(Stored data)
•••••

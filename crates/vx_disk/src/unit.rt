// One disk in memory.
ghost use Rattle.std.specs.Prelude.{◌≡◌, ◌*◌, ◌+◌, ◌≤◌, ℕ, ◌/◌, ◌%◌, ◌<◌, length, take, drop, replicate, true, false, cond, ◌≢◌, IfOk, slice_index_or};
ghost use Rattle.vx_model.specs.declared.limits.TheConstants.{BLOCK};
ghost use Rattle.vx_disk.specs.Blocks.{bit_at, block_at, kept, over, trues};
ghost use Rattle.vx_disk.specs.Counts.{Rose};
ghost use Rattle.vx_disk.specs.Runs.{AreInside, AreNoted};

use crate::keeping::{Run, copy_over, keep_block, keep_written, note_run};
use std::alloc::{AllocError, Global};
use vx_model::limits::{BLOCK, MOST_FILE_BLOCKS};

/// A disk: of each block a stable and a latest value, and whether it was written since the last flush.
#[derive(Drop)]
pub struct MemUnit {
    pub stable: Vec<u8>,
    pub latest: Vec<u8>,
    pub loose: Vec<bool>,
    /// The runs that were written since the last flush, as long as there is room for them.
    pub runs: Vec<Run>,
    /// How many they are. Where it is the room's end, some may be missing.
    pub number: usize,
    pub faults: u64,
    pub failing: bool,
    pub ghost stable_size: { length stable.items ≡ BLOCK * length loose.items },
    pub ghost latest_size: { length latest.items ≡ BLOCK * length loose.items },
    // A block that is not loose has one value.
    pub ghost clean: { (b : ℕ) → slice_index_or loose.items b false ≡ false → block_at stable.items b ≡ block_at latest.items b },
    // A block that lies in none of the runs is not loose.
    pub ghost noted: { number < length runs.items → AreNoted number runs.items loose.items },
    pub ghost inside: { number < length runs.items → AreInside number runs.items (length loose.items) },
}

impl MemUnit {
    ghost use Rattle.vx_disk.specs.Memory.{IsZeroed};

    /// A disk of zeroed blocks.
    pub fn new(alloc: Global, blocks: usize) -> Result<MemUnit, AllocError>
        requires { blocks ≤ MOST_FILE_BLOCKS }
        ensures { IfOk result (IsZeroed blocks) }
    {
        let stable = Vec::from_elem(alloc, 0u8, BLOCK * blocks)?;
        let latest = Vec::from_elem(alloc, 0u8, BLOCK * blocks)?;
        let loose = Vec::from_elem(alloc, false, blocks)?;
        let runs = Vec::from_elem(alloc, Run { first: 0, count: 0 }, blocks)?;
        Ok(MemUnit {
            stable,
            latest,
            loose,
            runs,
            number: 0,
            faults: 0,
            failing: false,
        })
    }

    pub fn blocks(&self) -> u64
        ensures { result ≡ length self.now.loose.items }
    {
        self.loose.len() as u64
    }

    pub fn read(&self, block: usize, into: &mut [u8])
        requires whole { length into.old % BLOCK ≡ 0 }
        requires within { block + length into.old / BLOCK ≤ length self.now.loose.items }
        ensures { into.new ≡ take (length into.old) (drop (BLOCK * block) self.now.latest.items) }
    {
        let start = BLOCK * block;
        into.copy_from_slice(&self.latest[start..start + into.len()]);
    }

    pub fn write(&mut self, block: usize, bytes: &[u8])
        requires whole { length bytes.now % BLOCK ≡ 0 }
        requires within { block + length bytes.now / BLOCK ≤ length self.old.loose.items }
        ensures latest { self.new.latest.items ≡ over self.old.latest.items (BLOCK * block) bytes.now }
        ensures stable { self.new.stable.items ≡ self.old.stable.items }
        ensures blocks { length self.new.loose.items ≡ length self.old.loose.items }
        ensures loose { self.new.loose.items ≡ over self.old.loose.items block (replicate (length bytes.now / BLOCK) true) }
        ensures faults { self.new.faults ≡ self.old.faults }
        ensures failing { self.new.failing ≡ self.old.failing }
    {
        copy_over(&mut self.latest, BLOCK * block, bytes);
        mark(&mut self.loose, block, bytes.len() / BLOCK);
        self.number = note_run(&mut self.runs, self.number, block, bytes.len() / BLOCK);
    }

    pub fn flush(&mut self)
        ensures latest { self.new.latest.items ≡ self.old.latest.items }
        ensures stable { self.new.stable.items ≡ self.old.latest.items }
        ensures blocks { length self.new.loose.items ≡ length self.old.loose.items }
        ensures loose { self.new.loose.items ≡ replicate (length self.old.loose.items) false }
        ensures faults { self.new.faults ≡ self.old.faults }
        ensures failing { self.new.failing ≡ self.old.failing }
    {
        keep_written(
            &mut self.stable,
            &self.latest,
            &mut self.loose,
            &self.runs,
            self.number,
        );
        self.number = 0;
    }

    /// Counts one fault more.
    pub fn fault(&mut self)
        ensures latest { self.new.latest.items ≡ self.old.latest.items }
        ensures stable { self.new.stable.items ≡ self.old.stable.items }
        ensures loose { self.new.loose.items ≡ self.old.loose.items }
        ensures faults { Rose self.old.faults self.new.faults }
        ensures failing { self.new.failing ≡ self.old.failing }
    {
        self.faults = self.faults.saturating_add(1);
    }

    pub fn make_fail(&mut self, on: bool)
        ensures latest { self.new.latest.items ≡ self.old.latest.items }
        ensures stable { self.new.stable.items ≡ self.old.stable.items }
        ensures loose { self.new.loose.items ≡ self.old.loose.items }
        ensures faults { self.new.faults ≡ self.old.faults }
        ensures failing { self.new.failing ≡ on }
    {
        self.failing = on;
    }

    /// Keeps one value of each block: of a loose one by the bit of its number, from `from` on. Returns the next number.
    pub fn settle(&mut self, pick: u64, from: u32) -> u32
        requires { from < 64 }
        ensures next { result ≡ (from + trues self.old.loose.items) % 64 }
        ensures kept { (b : ℕ) → block_at self.new.stable.items b ≡ kept self.old.loose.items self.old.stable.items self.old.latest.items pick from b }
        ensures latest { self.new.latest.items ≡ self.new.stable.items }
        ensures blocks { length self.new.loose.items ≡ length self.old.loose.items }
        ensures loose { self.new.loose.items ≡ replicate (length self.old.loose.items) false }
        ensures faults { self.new.faults ≡ self.old.faults }
        ensures failing { self.new.failing ≡ self.old.failing }
    {
        let number = settle_blocks(&mut self.stable, &self.latest, &self.loose, pick, from);
        self.latest.copy_from_slice(&self.stable);
        self.loose.fill(false);
        self.number = 0;
        number
    }
}

fn settle_blocks(stable: &mut [u8], latest: &[u8], loose: &[bool], pick: u64, from: u32) -> u32
    requires from { from < 64 }
    requires stable { length stable.old ≡ BLOCK * length loose.now }
    requires latest { length latest.now ≡ BLOCK * length loose.now }
    ensures next { result ≡ (from + trues loose.now) % 64 }
    ensures kept { (b : ℕ) → block_at stable.new b ≡ kept loose.now stable.old latest.now pick from b }
{
    let mut number = from;
    for b in 0..loose.len() {
        number = settle_block(stable, latest, loose[b], pick, number, b);
    }
    number
}

// Settles block b, and returns the number of the next loose one.
fn settle_block(
    stable: &mut [u8],
    latest: &[u8],
    loose: bool,
    pick: u64,
    number: u32,
    b: usize,
) -> u32
    requires number { number < 64 }
    requires in_stable { BLOCK * b + BLOCK ≤ length stable.old }
    requires in_latest { BLOCK * b + BLOCK ≤ length latest.now }
    ensures next { result ≡ cond loose ((number + 1) % 64) number }
    ensures here { block_at stable.new b ≡ cond loose (cond (bit_at pick number) (block_at latest.now b) (block_at stable.old b)) (block_at stable.old b) }
    ensures elsewhere { (k : ℕ) → k ≢ b → block_at stable.new k ≡ block_at stable.old k }
{
    if !loose {
        return number;
    }
    if bit(pick, number) {
        keep_block(stable, latest, b);
    }
    (number + 1) % 64
}

fn bit(pick: u64, number: u32) -> bool
    requires { number < 64 }
    ensures { result ≡ bit_at pick number }
{
    (pick >> number) & 1 == 1
}

fn mark(loose: &mut [bool], from: usize, count: usize)
    requires { from + count ≤ length loose.old }
    ensures { loose.new ≡ over loose.old from (replicate count true) }
{
    loose[from..from + count].fill(true);
}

•••••

» THE TASK:
If a line in the records has the word "usize", copy that line.

» OUTPUT:
    pub number: usize,
    pub fn new(alloc: Global, blocks: usize) -> Result<MemUnit, AllocError>
    pub fn read(&self, block: usize, into: &mut [u8])
    pub fn write(&mut self, block: usize, bytes: &[u8])
    b: usize,
fn mark(loose: &mut [bool], from: usize, count: usize)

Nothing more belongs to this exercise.